======== Data for review
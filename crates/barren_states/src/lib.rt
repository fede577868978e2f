//! A table of states of a search below which there is no cover, and how many visits it takes to see it.
//!
//! A state is known by its key, a list of words. The table has room for so many states: one that is kept may take the
//! place of another one. It knows nothing of problems; what is true of all that is put in is true of all that is found.
#![tactic(auto)]

mod places;
mod slot;
mod slots;
mod states;
mod worth;

pub use states::{BarrenStates, MOST_WORDS};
================
Task item. What is needed is an exact transcription of every entry.

Problem solution.
filename crates/barren_states/src/lib.rt
repository fede577868978e2f
//! A table of states of a search below which there is no cover, and how many visits it takes to see it.
//!
//! A state is known by its key, a list of words. The table has room for so many states: one that is kept may take the
//! place of another one. It knows nothing of problems; what is true of all that is put in is true of all that is found.
#![tactic(auto)]

mod places;
mod slot;
mod slots;
mod states;
mod worth;

pub use states::{BarrenStates, MOST_WORDS};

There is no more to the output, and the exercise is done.